Even though Hackers & Threats wasn’t necessarily a trend that bubbled up in the RSAC 2024 submissions, this year’s agenda had plenty of popular sessions looking at hacking techniques and the evolving threat tactics of malicious actors. Cybercriminals have been around for decades, and during their RSA Conference 2024 presentation, Flying Under the Radar – New Security Evasion Techniques, Etay Maor, Senior Director Security Strategy at Cato Network and Tal Darsan, Manager at Cato Network, discussed old and new tactics cybercriminals use while staying under the radar. Maor stated, “We’ve been battling malware, phishing, and cybercriminals for a better part of the last 20 years.” Hacking is increasing and hackers are becoming more sophisticated.
We have seen a rise in attacks in the industrial sectors. Although this is new territory for hackers, they remain persistent. As Rob Lee, CEO and Founder of Dragos Inc, stated during his presentation, attackers are, “Learning, adapting, and becoming more capable. Maybe they started with barely being able to get into the OT, but a couple of years later they have the knowledge on what to steal.” Hackers do not stop because they lack knowledge of a certain industry and how it works—they are determined to learn about it and how they can bypass that one single point of entry to gain access to attack their systems. It’s crucial for industrial control systems (ICS) and critical infrastructure organizations that are becoming the new targets for cyberattacks to understand “the direction that hurricane is going,” as Lee stated.
Ransomware: A Tool for Hackers
Ransomware’s rise was certainly a strong trend in the RSAC 2024 submissions, and while it’s ebbed and flowed in popularity, ransomware has become a powerful tool for hackers over the past decade. Paula Januszkiewicz, CEO and Cybersecurity Expert at CQURE, pointed out that “50% more organizations suffered a ransomware attack in the first half of 2023 compared to the first half in 2022.” During her session, Hacker’s Perspective on Your Infrastructure: Lessons From the Field, Januszkiewicz provided a few reasons why we see low detection rates of hackers getting into systems: understaffing, alert fatigue, and organizations cutting cybersecurity help. Now more than ever, we need to bring cyber professionals in every organization together to hone threat hunting skills to prevent or minimize the risk of a breach or a ransomware attack.
Hackers started ransoming users at home, but as Mikko Hypponen stated during his Keynote talk, “Criminals realize there is much more money to be made by targeting bigger targets,” such as enterprises. We have seen an increase in ransomware gangs and Hypponen further explained, “gangs create a name that is scary,” and they gain a “trustworthy” reputation. Which means an organization can trust that if a particular ransomware gang attacks, they just need to pay, and they are guaranteed their data is “safe”.
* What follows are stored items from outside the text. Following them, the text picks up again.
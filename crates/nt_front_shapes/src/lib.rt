// SPDX-License-Identifier: MIT OR Apache-2.0
//! What nt_front_bench times, and how it counts.
//!
//! A shape is a round of calls under a name, with what stands beside it. A measurement counts the calls and grants of its rounds, and the
//! answers that are not those expected. The rounds of a front's parts are made here, since they need no front.
#![tactic(auto)]

mod moves;
mod parts;
mod shapes;
mod told;

pub use moves::{call, nanos_since, now, objects, try_wait, wait, wait_for};
pub use parts::{bare_lock, core_alone, core_and_journal};
pub use shapes::{Company, FrontShape, RoundKind, SHAPES, shape_named};
pub use told::{FrontBenchFault, Measurement};
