// What is asked of a site beside its cases: where it stores and calls, and whether it returns as it should.
ghost use Rattle.std.specs.Prelude.{◌≡◌, ◌↔◌, IfOk, IsTrue, OnOk, Some};
ghost use Rattle.std.specs.List.{list_all};
ghost use Rattle.std.specs.Option.{option_copied, option_map};
ghost use Rattle.sym_terms.specs.declared.kinds.Sym.TheVariants.{Ra};
ghost use Rattle.sym_terms.specs.Plain.{IsSymbol, single_atom, symbol};
ghost use Rattle.mem_forest.specs.Search.{value_at};
ghost use Rattle.x86_instr.specs.Groups.{group_of};
ghost use Rattle.predicate_meaning.specs.Returns.{Returns, saved_registers};
ghost use Rattle.step_rules.specs.Drop.{dropped};
ghost use Rattle.step_rules.specs.Site.{region_of, place_region, push_region, store_region_in, store_region};
ghost use Rattle.step_rules.specs.Calls.{call_target};
ghost use Rattle.pred_moves.specs.Views.{view_of};
ghost use Rattle.pred_step.specs.Restored.{is_symbol, is_restored, are_restored};

use crate::calls::{call_target, drop_name};
use crate::moves::push_address;
use mem_forest::{Forest, Region};
use pred_moves::{register, store_address};
use predicates::{Pred, SiteView};
use std::alloc::Global;
use sym_terms::{NoMemory, Sym, Term};
use x86_instr::{Instr, Op, Operand, RSP};

/// What is known of a site beside its cases.
#[derive(Drop)]
pub struct Facts {
    /// The region to which the instruction stores, where it stores and its address is known.
    pub store: Option<Region>,
    /// The constant to which a call leads, where it is one.
    pub target: Option<u64>,
    /// Whether a return there is verified: the stack pointer and the registers that a callee keeps are those of the entry,
    /// and the return address is in its place (System V x86-64 psABI, section 3.2.1).
    pub returns: bool,
}

fn region_at(at: Option<Term>, bytes: u8) -> Option<Region>
    ensures { result ≡ option_map (region_of bytes) at }
{
    let at = at?;
    Some(Region { at, bytes })
}

// The region of the first operand, where that is in memory.
fn written(alloc: Global, i: &Instr, p: &Pred) -> Result<Option<Region>, NoMemory>
    ensures { IfOk result (λ r. r ≡ place_region i.now p.now i.now.dst) }
{
    let Operand::Mem(place) = &i.dst else {
        return Ok(None);
    };
    let at = store_address(alloc, i, p, place)?;
    Ok(region_at(at, i.width.bytes()))
}

// The region that the stack grows by.
fn pushed(alloc: Global, i: &Instr, p: &Pred) -> Result<Option<Region>, NoMemory>
    ensures { IfOk result (λ r. r ≡ push_region i.now p.now) }
{
    let at = push_address(alloc, i, p)?;
    Ok(region_at(at, 8))
}

// The region of an instruction's store, from what is known without its site's old name.
fn store_region(alloc: Global, i: &Instr, p: &Pred) -> Result<Option<Region>, NoMemory>
    ensures { IfOk result (λ r. r ≡ store_region_in (group_of i.now.op) i.now p.now) }
{
    match i.op {
        Op::Push | Op::Call => pushed(alloc, i, p),
        Op::Mov | Op::Xchg | Op::Setcc => written(alloc, i, p),
        Op::Add | Op::Or | Op::Adc | Op::Sbb | Op::And | Op::Sub | Op::Xor => written(alloc, i, p),
        Op::Not | Op::Neg | Op::Inc | Op::Dec => written(alloc, i, p),
        Op::Rol | Op::Ror | Op::Shl | Op::Shr | Op::Sar => written(alloc, i, p),
        _ => Ok(None),
    }
}

// ---- returns

fn is_symbol(alloc: Global, term: Option<&Term>, s: Sym) -> Result<bool, NoMemory>
    requires { IsSymbol s }
    ensures { IfOk result (λ b. b ≡ is_symbol s (option_copied term.entry)) }
{
    let Some(term) = term else {
        return Ok(false);
    };
    let symbol = Term::symbol(alloc, s)?;
    Ok(term.compare(&symbol).is_eq())
}

/// rbx, rbp and r12 to r15, which a callee gives back (System V x86-64 psABI, section 3.2.1).
const GIVEN_BACK: [u8; 6] = [3, 5, 12, 13, 14, 15];

// Whether they have their own entry symbols.
fn are_restored(alloc: Global, p: &Pred) -> Result<bool, NoMemory>
    ensures { IfOk result (λ b. b ≡ list_all (is_restored p.now) saved_registers) }
{
    for r in GIVEN_BACK {
        if !is_symbol(alloc, register(p, r), Sym::Entry(r))? {
            return Ok(false);
        }
    }
    Ok(true)
}

// The value of the cell of eight bytes at the entry's stack pointer.
fn return_cell<'a>(forest: &'a Forest, at: &Region) -> Option<&'a Term>
    requires { at.now ≡ region_of 8 (single_atom (symbol (Sym.Entry 4))) }
    ensures { option_copied result ≡ value_at (single_atom (symbol (Sym.Entry 4))) 8 forest.now }
{
    match forest.find(at) {
        Some(node) => node.value.as_ref(),
        None => None,
    }
}

fn is_returned(alloc: Global, p: &Pred) -> Result<bool, NoMemory>
    ensures { IfOk result (λ b. b ≡ are_restored p.now) }
{
    if !are_restored(alloc, p)? || !is_symbol(alloc, register(p, RSP), Sym::Entry(RSP))? {
        return Ok(false);
    }
    let at = Term::symbol(alloc, Sym::Entry(RSP))?;
    let top = Region { at, bytes: 8 };
    is_symbol(alloc, return_cell(&p.forest, &top), Sym::Ra)
}

/// What is known of a site, of which in the end only what doesn't mention its name is left.
#[tactic(auto, using(crate::proofs::ReturnLemmas::returns_exactly))]
pub fn facts_of(p: &mut Pred, alloc: Global, v: &SiteView, i: &Instr) -> Result<Facts, NoMemory>
    ensures store { IfOk result (λ f. f.store ≡ store_region i.now p.old) }
    ensures target { IfOk result (λ f. f.target ≡ call_target (view_of v.now) i.now p.old) }
    ensures returns { IfOk result (λ f. IsTrue f.returns ↔ Returns p.old) }
    ensures dropped { OnOk result (p.new ≡ dropped i.now p.old) }
{
    let returns = is_returned(alloc, p)?;
    drop_name(p, i);
    let target = call_target(alloc, v, i, p)?;
    let store = store_region(alloc, i, p)?;
    Ok(Facts {
        store,
        target,
        returns,
    })
}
Is Secure by Design the Solution?
Secure by Design, another trend from the RSAC 2024 submissions, is nothing new but gained mention in almost every session. We even saw variants of the trend with sessions on Privacy by Design. Due to the evolving threat landscape, security teams need to look closely at how malicious actors are gaining access so that they can use that information to secure their platform, system, and network. In his RSA Conference 2024 session, Christopher Romeo, CEO at Devici said, “Security and privacy are business priorities, not technical features." Security teams need to shift their minds to not only secure something from start to finish, but continuously secure it after it’s been deployed. This mindset can get organizations ahead of the attacks by always figuring out innovative solutions to strengthen their security protocols.
Community Matters
Perhaps the strongest topic that was trending in the RSAC 2024 submissions, community matters resonated in many of this year’s sessions, even in those that revolve around hackers and threats, ransomware, and Secure by Design. Hugh Thompson, Executive Chairman and Program Committe Chair at RSAC, opened the first Keynote session to talk about the power of community – recognizing there really is power in community when we come together to collaborate and talk about these rising issues. The diverse cyber community, more than ever, needs to collectively brainstorm how to combat cyberattacks and figure out a proactive approach to secure our enterprises, but we also need to celebrate the monumental achievements that we have made in our quest to build a more secure world.